Statistical and physical analysis of leakage and breakdown failure mechanisms of Cu/low-k interconnects

Abstract

Line-to-line leakage, ramped voltage stress and time-dependent-dielectric-breakdown are widely used to characterize the reliability of low-k dielectrics in the back-end-of-line. Conventionally, ramped voltage stress is used to determine the breakdown voltage (V/sub BD/) distribution across the wafer. Also, it is able to screen out defect-related breakdowns within seconds besides monitoring process uniformity across a wafer (Jow et al., 2003). On the other hand, TDDB is mostly used to predict lifetime of a component, adopting either the E-model for an extrinsic mode of failure at low electric field range or 1/E-model for an intrinsic mode of failure at high electric field range.
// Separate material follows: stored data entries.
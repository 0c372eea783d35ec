use fill_base::Rect;
use fill_spans::Spans;
use std::test::Fail;

#[test]
fn a_span_cut_and_joined_again(rt: HostRuntime) -> Result<(), Fail> {
    let alloc = rt.alloc();
    let whole = Spans::one(alloc, 0, 4)?;
    let part = Spans::one(alloc, 1, 2)?;
    let rest = whole.minus(alloc, &part)?;
    assert_eq!(rt; rest.length_in(0, 4), 3);
    assert_eq!(rt; rest.length_in(i64::MIN, i64::MAX), 3);
    assert_eq!(rt; rest.length_in(4, 0), 0);
    assert!(rt; rest.union(alloc, &part)? == whole);
    let far = Spans::one(alloc, 3, 9)?;
    assert!(rt; whole.meet(alloc, &far)? == Spans::one(alloc, 3, 4)?);
    assert!(rt; rest.has(0) && !rest.has(1) && rest.has(2) && !rest.has(4));
    Ok(())
}

#[test]
fn columns_of_rectangles_that_overlap_touch_and_lie_apart(rt: HostRuntime) -> Result<(), Fail> {
    let alloc = rt.alloc();
    let rects = [
        Rect::new(-3, 0, 1, 9)?,
        Rect::new(-2, 5, 0, 6)?,
        Rect::new(1, -7, 2, 4)?,
        Rect::new(5, 0, 6, 1)?,
    ];
    let columns = Spans::across(alloc, &rects)?;
    assert_eq!(rt; columns.edges(), [-3, 2, 5, 6].as_slice());
    assert!(rt; Spans::across(alloc, &[])?.is_empty());
    Ok(())
}

/// Whether a number lies in one of the stretches 0 to 1, 3 to 5 and 7.
fn in_three_stretches(x: i64) -> bool {
    (0 <= x && x < 2) || (3 <= x && x < 6) || x == 7
}

#[test]
fn every_part_of_a_set_is_a_count_over_numbers(rt: HostRuntime) -> Result<(), Fail> {
    let alloc = rt.alloc();
    let rects = [
        Rect::new(0, 0, 2, 1)?,
        Rect::new(3, 0, 6, 1)?,
        Rect::new(7, 0, 8, 1)?,
    ];
    let set = Spans::across(alloc, &rects)?;
    for first in 0..12u32 {
        for after in 0..12u32 {
            if first < after {
                let (lo, hi) = (i64::from(first) - 2, i64::from(after) - 2);
                let part = set.clip(alloc, lo, hi)?;
                let mut edges = Vec::new(alloc);
                let mut before = false;
                for x in -3..11i32 {
                    let at = i64::from(x);
                    let now = in_three_stretches(at) && lo <= at && at < hi;
                    assert_eq!(rt; part.has(at), now);
                    if now != before {
                        edges.push(x)?;
                    }
                    before = now;
                }
                assert_eq!(rt; part.edges(), edges.as_slice());
            }
        }
    }
    Ok(())
}

#[test]
fn parts_at_the_ends_of_the_range(rt: HostRuntime) -> Result<(), Fail> {
    let alloc = rt.alloc();
    let whole = Spans::one(alloc, -1_073_741_824, 1_073_741_824)?;
    let all = whole.clip(alloc, -1_073_741_824, 1_073_741_824)?;
    assert_eq!(rt; all.edges(), [-1_073_741_824, 1_073_741_824].as_slice());
    let last = whole.clip(alloc, 1_073_741_823, 1_073_741_824)?;
    assert_eq!(rt; last.edges(), [1_073_741_823, 1_073_741_824].as_slice());
    assert!(rt; Spans::empty(alloc).clip(alloc, -5, 5)?.is_empty());
    Ok(())
}

#[test]
fn lengths_of_columns_that_overlap_lie_apart_and_begin_inside(rt: HostRuntime) -> Result<(), Fail> {
    let alloc = rt.alloc();
    let left = Spans::one(alloc, 0, 4)?;
    let right = Spans::one(alloc, 6, 9)?;
    let both = left.union(alloc, &right)?;
    // The columns from -2 on are -2 to 1, 0 to 3, 2 to 5, 4 to 7, 6 to 9 and 8 to 11.
    let mut overlapping = [0, 0, 100, 0, 0, 0];
    both.add_lengths(-2, 2, 3, 10, &mut overlapping);
    assert_eq!(rt;
        overlapping.as_slice(),
        [10, 30, 120, 10, 30, 10].as_slice()
    );
    // The columns from 1 on are 1 to 3, 6 to 8 and 11 to 13.
    let mut apart = [5, 6, 7];
    both.add_lengths(1, 5, 2, 1, &mut apart);
    assert_eq!(rt; apart.as_slice(), [7, 8, 7].as_slice());
    let mut one = [1];
    both.add_lengths(3, 0, 4, 2, &mut one);
    assert_eq!(rt; one.as_slice(), [5].as_slice());
    Spans::empty(alloc).add_lengths(-5, 1, 10, 3, &mut one);
    assert_eq!(rt; one.as_slice(), [5].as_slice());
    let mut none: [i64; 0] = [];
    both.add_lengths(0, 1, 1, 1, &mut none);
    assert_eq!(rt; none.len(), 0);
    Ok(())
}

#[test]
fn a_thousand_intervals_one_after_another(rt: HostRuntime) -> Result<(), Fail> {
    let alloc = rt.alloc();
    let mut set = Spans::empty(alloc);
    for i in 0..1_000u32 {
        let x = i64::from(i) * 3;
        let next = Spans::one(alloc, x, x + 2)?;
        set = set.union(alloc, &next)?;
    }
    assert_eq!(rt; set.edges().len(), 2_000);
    let gaps = Spans::one(alloc, 0, 2_999)?.minus(alloc, &set)?;
    assert_eq!(rt; set.length_in(0, 3_000), 2_000);
    assert_eq!(rt; gaps.length_in(0, 3_000), 999);
    assert_eq!(rt; set.union(alloc, &gaps)?.edges().len(), 2);
    assert!(rt; set.meet(alloc, &gaps)?.is_empty());
    Ok(())
}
Important information can be obtained from voltage ramp tests besides the conventional breakdown voltage distribution. Conduction mechanisms such as Schottky and Pool-Frenkel emission in carbon-doped silicon oxide IMD were reported by Yiang et al. (2003), The possible leakage pathways were also deduced from the conduction mechanism analysis (Ngwan et al., 2004). We propose that additional information from the voltage ramp tests can be obtained and that is the identification of extrinsic and intrinsic breakdown mechanisms.